◆ Task objective: The lines needed are those below that contain the word "right"; copy each one.

◆ Input material:
BEGIN
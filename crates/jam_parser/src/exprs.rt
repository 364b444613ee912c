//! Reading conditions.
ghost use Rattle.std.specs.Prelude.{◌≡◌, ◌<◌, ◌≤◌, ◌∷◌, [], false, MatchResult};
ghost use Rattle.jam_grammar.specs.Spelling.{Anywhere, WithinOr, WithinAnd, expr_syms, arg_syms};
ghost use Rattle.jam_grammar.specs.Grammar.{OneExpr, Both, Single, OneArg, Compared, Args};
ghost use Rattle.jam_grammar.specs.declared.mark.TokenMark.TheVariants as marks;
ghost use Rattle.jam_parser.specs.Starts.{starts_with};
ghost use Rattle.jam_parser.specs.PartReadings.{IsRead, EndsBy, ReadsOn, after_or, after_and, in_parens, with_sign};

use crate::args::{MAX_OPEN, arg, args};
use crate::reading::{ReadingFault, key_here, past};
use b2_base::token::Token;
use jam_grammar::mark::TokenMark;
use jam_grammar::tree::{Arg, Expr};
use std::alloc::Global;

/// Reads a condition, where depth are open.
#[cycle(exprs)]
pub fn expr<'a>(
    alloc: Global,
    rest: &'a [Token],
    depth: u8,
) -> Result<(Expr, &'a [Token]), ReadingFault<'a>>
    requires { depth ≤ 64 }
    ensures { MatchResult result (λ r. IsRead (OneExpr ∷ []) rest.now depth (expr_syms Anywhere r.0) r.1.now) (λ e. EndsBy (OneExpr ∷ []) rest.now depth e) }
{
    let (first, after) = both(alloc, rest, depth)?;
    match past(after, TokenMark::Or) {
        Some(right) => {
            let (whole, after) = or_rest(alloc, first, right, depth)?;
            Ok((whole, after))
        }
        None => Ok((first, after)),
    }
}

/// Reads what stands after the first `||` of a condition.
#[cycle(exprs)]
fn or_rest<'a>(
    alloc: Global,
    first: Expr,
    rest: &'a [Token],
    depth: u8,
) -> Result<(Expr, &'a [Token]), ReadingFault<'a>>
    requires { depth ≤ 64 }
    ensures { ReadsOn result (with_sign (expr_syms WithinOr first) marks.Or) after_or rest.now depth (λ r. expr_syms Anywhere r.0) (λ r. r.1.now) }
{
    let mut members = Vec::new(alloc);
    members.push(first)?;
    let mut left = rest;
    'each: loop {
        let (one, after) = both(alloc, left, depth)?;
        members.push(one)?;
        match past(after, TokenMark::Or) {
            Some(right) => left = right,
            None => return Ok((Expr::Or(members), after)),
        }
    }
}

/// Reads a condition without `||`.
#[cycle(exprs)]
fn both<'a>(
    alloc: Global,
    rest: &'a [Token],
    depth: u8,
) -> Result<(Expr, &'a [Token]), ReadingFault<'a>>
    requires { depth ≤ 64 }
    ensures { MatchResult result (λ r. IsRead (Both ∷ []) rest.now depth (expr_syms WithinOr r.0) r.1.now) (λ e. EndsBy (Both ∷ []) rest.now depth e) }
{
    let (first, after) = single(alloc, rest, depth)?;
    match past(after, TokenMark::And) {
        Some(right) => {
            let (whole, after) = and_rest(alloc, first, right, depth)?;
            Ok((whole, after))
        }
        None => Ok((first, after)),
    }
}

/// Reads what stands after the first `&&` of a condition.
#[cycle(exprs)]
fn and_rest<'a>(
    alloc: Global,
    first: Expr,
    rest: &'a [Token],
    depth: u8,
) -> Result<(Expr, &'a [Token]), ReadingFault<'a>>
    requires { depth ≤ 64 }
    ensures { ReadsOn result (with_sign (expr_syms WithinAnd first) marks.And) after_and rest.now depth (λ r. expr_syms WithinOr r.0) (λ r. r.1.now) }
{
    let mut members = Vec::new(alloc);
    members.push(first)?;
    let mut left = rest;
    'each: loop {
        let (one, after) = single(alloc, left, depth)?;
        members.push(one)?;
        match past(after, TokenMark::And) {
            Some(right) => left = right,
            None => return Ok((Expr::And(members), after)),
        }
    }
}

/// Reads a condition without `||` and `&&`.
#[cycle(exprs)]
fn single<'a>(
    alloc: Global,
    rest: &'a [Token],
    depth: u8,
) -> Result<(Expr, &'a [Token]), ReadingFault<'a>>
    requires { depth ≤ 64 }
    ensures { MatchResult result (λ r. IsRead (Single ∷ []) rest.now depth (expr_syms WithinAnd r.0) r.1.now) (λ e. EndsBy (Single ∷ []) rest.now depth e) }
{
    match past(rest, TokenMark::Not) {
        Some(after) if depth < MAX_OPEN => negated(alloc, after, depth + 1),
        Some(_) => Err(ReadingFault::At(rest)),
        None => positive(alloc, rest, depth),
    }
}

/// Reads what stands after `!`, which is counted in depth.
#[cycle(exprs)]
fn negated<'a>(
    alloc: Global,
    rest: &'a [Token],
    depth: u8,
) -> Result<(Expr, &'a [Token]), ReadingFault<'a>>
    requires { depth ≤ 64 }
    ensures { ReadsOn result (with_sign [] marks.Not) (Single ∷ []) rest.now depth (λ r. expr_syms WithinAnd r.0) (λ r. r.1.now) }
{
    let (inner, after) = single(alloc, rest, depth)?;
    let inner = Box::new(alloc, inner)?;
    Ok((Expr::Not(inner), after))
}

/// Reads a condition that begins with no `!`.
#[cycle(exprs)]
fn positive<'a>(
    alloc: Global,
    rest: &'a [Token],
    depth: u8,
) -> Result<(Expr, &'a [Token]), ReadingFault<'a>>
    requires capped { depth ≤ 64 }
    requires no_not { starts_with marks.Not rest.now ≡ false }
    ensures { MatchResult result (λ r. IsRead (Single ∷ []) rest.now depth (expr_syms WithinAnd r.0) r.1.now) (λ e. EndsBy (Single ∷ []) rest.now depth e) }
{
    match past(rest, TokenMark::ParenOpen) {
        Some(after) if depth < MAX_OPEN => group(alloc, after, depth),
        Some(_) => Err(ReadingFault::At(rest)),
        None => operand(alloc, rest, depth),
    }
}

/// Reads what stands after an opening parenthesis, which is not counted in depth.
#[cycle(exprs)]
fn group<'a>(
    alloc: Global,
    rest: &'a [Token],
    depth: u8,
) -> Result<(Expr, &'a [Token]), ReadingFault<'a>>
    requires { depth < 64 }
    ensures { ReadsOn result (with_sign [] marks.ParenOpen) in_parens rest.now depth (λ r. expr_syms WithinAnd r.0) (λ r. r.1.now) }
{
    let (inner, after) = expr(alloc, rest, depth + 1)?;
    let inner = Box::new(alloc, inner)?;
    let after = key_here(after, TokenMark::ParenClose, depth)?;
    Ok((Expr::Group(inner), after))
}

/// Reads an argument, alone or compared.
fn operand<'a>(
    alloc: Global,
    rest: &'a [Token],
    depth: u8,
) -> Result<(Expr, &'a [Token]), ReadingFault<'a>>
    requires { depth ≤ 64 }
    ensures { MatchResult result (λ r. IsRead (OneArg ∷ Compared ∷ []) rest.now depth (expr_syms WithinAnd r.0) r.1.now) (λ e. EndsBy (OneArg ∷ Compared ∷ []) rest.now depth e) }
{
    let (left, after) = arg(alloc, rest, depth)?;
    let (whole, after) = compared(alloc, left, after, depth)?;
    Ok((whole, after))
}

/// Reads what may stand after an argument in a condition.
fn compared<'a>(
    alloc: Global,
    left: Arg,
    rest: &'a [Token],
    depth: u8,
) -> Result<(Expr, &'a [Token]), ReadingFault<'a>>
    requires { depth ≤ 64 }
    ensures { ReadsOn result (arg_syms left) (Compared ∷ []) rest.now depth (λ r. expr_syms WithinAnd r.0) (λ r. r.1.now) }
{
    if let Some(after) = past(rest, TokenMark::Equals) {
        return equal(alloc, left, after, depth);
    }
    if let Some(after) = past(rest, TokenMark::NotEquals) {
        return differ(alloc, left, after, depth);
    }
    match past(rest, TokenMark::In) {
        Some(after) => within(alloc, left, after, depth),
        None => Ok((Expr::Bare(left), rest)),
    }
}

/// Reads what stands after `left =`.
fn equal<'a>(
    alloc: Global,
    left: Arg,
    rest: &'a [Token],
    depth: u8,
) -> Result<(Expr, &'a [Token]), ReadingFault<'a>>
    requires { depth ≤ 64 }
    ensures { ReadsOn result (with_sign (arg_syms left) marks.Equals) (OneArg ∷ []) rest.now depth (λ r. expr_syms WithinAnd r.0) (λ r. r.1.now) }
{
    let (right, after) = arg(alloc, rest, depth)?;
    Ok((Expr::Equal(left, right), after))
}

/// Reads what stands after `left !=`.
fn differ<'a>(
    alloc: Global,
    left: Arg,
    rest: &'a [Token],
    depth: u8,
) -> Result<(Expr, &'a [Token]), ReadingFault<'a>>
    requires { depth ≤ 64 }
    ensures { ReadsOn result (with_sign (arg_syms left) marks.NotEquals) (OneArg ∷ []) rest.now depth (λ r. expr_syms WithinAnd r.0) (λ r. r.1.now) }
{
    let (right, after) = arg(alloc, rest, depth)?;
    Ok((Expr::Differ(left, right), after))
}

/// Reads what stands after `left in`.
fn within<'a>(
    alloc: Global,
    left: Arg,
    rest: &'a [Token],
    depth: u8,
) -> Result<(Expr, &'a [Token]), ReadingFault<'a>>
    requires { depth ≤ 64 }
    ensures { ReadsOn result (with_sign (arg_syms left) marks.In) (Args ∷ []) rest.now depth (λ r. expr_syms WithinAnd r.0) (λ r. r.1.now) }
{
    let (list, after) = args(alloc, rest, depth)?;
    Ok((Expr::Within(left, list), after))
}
END
BEGIN
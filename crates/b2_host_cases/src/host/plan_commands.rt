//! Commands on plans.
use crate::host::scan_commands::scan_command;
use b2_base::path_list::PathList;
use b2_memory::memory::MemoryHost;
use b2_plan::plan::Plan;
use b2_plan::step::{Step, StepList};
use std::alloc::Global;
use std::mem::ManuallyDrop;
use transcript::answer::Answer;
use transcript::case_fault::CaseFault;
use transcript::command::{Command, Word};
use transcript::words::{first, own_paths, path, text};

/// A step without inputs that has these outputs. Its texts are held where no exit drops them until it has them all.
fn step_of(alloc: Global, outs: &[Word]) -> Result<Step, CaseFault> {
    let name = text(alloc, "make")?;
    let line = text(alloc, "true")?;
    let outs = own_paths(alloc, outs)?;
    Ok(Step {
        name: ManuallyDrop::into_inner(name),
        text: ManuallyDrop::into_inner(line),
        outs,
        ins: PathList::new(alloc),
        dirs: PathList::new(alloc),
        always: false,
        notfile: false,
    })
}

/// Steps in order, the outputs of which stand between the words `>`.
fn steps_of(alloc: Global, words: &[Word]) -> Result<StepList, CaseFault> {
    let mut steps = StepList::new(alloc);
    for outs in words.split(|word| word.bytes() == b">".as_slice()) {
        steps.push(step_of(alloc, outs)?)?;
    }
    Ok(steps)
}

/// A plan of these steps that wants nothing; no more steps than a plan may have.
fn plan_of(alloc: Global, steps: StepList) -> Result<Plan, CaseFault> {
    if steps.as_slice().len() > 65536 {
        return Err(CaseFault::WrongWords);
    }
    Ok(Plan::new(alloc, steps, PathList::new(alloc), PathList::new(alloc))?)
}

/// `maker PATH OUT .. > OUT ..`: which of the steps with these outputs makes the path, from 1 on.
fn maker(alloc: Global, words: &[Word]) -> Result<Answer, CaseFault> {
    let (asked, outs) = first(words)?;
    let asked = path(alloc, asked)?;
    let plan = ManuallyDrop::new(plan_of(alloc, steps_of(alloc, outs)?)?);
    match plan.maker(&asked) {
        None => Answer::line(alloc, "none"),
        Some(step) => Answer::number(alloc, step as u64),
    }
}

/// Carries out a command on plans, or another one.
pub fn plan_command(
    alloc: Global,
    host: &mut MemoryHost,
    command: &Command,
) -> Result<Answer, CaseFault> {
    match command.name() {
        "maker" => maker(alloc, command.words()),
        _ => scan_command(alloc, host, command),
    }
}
END
◆ Task output:
        Some(right) => {
            let (whole, after) = or_rest(alloc, first, right, depth)?;
            Some(right) => left = right,
        Some(right) => {
            let (whole, after) = and_rest(alloc, first, right, depth)?;
            Some(right) => left = right,
    let (right, after) = arg(alloc, rest, depth)?;
    Ok((Expr::Equal(left, right), after))
    let (right, after) = arg(alloc, rest, depth)?;
    Ok((Expr::Differ(left, right), after))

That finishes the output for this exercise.